* _INSTRUCTIONS FOR THE TASK_:
Output the material exactly, keeping every line intact.
+++ AVAILABLE DATA
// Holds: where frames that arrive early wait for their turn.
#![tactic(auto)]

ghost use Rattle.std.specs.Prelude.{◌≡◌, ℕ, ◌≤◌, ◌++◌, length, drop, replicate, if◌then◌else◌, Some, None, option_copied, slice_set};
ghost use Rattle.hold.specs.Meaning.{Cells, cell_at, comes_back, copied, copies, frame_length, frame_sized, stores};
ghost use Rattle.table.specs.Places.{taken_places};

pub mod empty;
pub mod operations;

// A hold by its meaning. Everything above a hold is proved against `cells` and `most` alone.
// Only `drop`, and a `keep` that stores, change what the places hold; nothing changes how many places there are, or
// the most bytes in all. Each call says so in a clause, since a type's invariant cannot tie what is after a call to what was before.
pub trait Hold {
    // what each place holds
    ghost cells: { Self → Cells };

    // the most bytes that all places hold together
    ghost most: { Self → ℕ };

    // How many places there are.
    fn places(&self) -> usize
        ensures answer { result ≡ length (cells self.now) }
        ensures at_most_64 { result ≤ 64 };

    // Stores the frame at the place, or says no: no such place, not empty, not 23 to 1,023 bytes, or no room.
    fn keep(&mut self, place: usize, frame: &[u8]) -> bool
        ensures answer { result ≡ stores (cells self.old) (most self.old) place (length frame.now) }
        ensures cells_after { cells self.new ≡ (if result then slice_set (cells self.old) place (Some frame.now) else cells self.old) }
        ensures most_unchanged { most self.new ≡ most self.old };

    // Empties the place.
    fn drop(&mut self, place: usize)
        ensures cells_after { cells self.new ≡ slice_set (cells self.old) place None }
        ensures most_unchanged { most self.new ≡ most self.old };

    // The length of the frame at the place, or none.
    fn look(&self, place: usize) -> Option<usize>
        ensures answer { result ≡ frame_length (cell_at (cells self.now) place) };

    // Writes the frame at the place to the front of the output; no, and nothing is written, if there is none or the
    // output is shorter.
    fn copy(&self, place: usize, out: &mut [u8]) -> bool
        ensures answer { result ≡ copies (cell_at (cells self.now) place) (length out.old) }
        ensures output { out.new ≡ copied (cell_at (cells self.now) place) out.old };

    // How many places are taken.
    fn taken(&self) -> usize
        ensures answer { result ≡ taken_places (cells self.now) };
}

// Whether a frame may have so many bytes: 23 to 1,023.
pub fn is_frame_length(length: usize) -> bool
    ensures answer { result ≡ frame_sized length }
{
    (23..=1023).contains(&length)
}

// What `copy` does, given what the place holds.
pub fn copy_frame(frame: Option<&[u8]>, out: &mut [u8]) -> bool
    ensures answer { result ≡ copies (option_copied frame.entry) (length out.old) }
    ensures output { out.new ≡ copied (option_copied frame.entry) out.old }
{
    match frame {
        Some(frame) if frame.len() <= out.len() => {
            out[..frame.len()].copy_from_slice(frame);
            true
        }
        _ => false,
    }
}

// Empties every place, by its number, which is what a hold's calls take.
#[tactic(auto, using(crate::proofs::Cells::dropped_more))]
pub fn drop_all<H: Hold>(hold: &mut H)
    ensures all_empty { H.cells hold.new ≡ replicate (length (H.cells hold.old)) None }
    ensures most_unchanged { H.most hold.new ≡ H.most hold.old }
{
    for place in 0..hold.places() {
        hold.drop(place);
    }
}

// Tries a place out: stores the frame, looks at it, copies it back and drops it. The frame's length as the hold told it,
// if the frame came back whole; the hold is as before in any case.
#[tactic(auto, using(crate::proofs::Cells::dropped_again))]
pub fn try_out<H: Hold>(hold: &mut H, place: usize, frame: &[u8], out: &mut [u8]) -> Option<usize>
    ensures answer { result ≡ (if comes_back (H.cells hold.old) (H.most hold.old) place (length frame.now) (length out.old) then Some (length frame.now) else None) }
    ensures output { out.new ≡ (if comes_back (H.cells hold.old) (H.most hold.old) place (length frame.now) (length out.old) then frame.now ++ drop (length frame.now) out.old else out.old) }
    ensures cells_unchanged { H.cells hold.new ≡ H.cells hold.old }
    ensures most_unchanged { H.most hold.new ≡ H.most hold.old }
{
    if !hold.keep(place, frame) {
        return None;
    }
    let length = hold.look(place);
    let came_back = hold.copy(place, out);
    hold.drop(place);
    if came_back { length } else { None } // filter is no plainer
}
++++++
* _TASK OUTPUT_:
// Holds: where frames that arrive early wait for their turn.
#![tactic(auto)]

ghost use Rattle.std.specs.Prelude.{◌≡◌, ℕ, ◌≤◌, ◌++◌, length, drop, replicate, if◌then◌else◌, Some, None, option_copied, slice_set};
ghost use Rattle.hold.specs.Meaning.{Cells, cell_at, comes_back, copied, copies, frame_length, frame_sized, stores};
ghost use Rattle.table.specs.Places.{taken_places};

pub mod empty;
pub mod operations;

// A hold by its meaning. Everything above a hold is proved against `cells` and `most` alone.
// Only `drop`, and a `keep` that stores, change what the places hold; nothing changes how many places there are, or
// the most bytes in all. Each call says so in a clause, since a type's invariant cannot tie what is after a call to what was before.
pub trait Hold {
    // what each place holds
    ghost cells: { Self → Cells };

    // the most bytes that all places hold together
    ghost most: { Self → ℕ };

    // How many places there are.
    fn places(&self) -> usize
        ensures answer { result ≡ length (cells self.now) }
        ensures at_most_64 { result ≤ 64 };

    // Stores the frame at the place, or says no: no such place, not empty, not 23 to 1,023 bytes, or no room.
    fn keep(&mut self, place: usize, frame: &[u8]) -> bool
        ensures answer { result ≡ stores (cells self.old) (most self.old) place (length frame.now) }
        ensures cells_after { cells self.new ≡ (if result then slice_set (cells self.old) place (Some frame.now) else cells self.old) }
        ensures most_unchanged { most self.new ≡ most self.old };

    // Empties the place.
    fn drop(&mut self, place: usize)
        ensures cells_after { cells self.new ≡ slice_set (cells self.old) place None }
        ensures most_unchanged { most self.new ≡ most self.old };

    // The length of the frame at the place, or none.
    fn look(&self, place: usize) -> Option<usize>
        ensures answer { result ≡ frame_length (cell_at (cells self.now) place) };

    // Writes the frame at the place to the front of the output; no, and nothing is written, if there is none or the
    // output is shorter.
    fn copy(&self, place: usize, out: &mut [u8]) -> bool
        ensures answer { result ≡ copies (cell_at (cells self.now) place) (length out.old) }
        ensures output { out.new ≡ copied (cell_at (cells self.now) place) out.old };

    // How many places are taken.
    fn taken(&self) -> usize
        ensures answer { result ≡ taken_places (cells self.now) };
}

// Whether a frame may have so many bytes: 23 to 1,023.
pub fn is_frame_length(length: usize) -> bool
    ensures answer { result ≡ frame_sized length }
{
    (23..=1023).contains(&length)
}

// What `copy` does, given what the place holds.
pub fn copy_frame(frame: Option<&[u8]>, out: &mut [u8]) -> bool
    ensures answer { result ≡ copies (option_copied frame.entry) (length out.old) }
    ensures output { out.new ≡ copied (option_copied frame.entry) out.old }
{
    match frame {
        Some(frame) if frame.len() <= out.len() => {
            out[..frame.len()].copy_from_slice(frame);
            true
        }
        _ => false,
    }
}

// Empties every place, by its number, which is what a hold's calls take.
#[tactic(auto, using(crate::proofs::Cells::dropped_more))]
pub fn drop_all<H: Hold>(hold: &mut H)
    ensures all_empty { H.cells hold.new ≡ replicate (length (H.cells hold.old)) None }
    ensures most_unchanged { H.most hold.new ≡ H.most hold.old }
{
    for place in 0..hold.places() {
        hold.drop(place);
    }
}

// Tries a place out: stores the frame, looks at it, copies it back and drops it. The frame's length as the hold told it,
// if the frame came back whole; the hold is as before in any case.
#[tactic(auto, using(crate::proofs::Cells::dropped_again))]
pub fn try_out<H: Hold>(hold: &mut H, place: usize, frame: &[u8], out: &mut [u8]) -> Option<usize>
    ensures answer { result ≡ (if comes_back (H.cells hold.old) (H.most hold.old) place (length frame.now) (length out.old) then Some (length frame.now) else None) }
    ensures output { out.new ≡ (if comes_back (H.cells hold.old) (H.most hold.old) place (length frame.now) (length out.old) then frame.now ++ drop (length frame.now) out.old else out.old) }
    ensures cells_unchanged { H.cells hold.new ≡ H.cells hold.old }
    ensures most_unchanged { H.most hold.new ≡ H.most hold.old }
{
    if !hold.keep(place, frame) {
        return None;
    }
    let length = hold.look(place);
    let came_back = hold.copy(place, out);
    hold.drop(place);
    if came_back { length } else { None } // filter is no plainer
}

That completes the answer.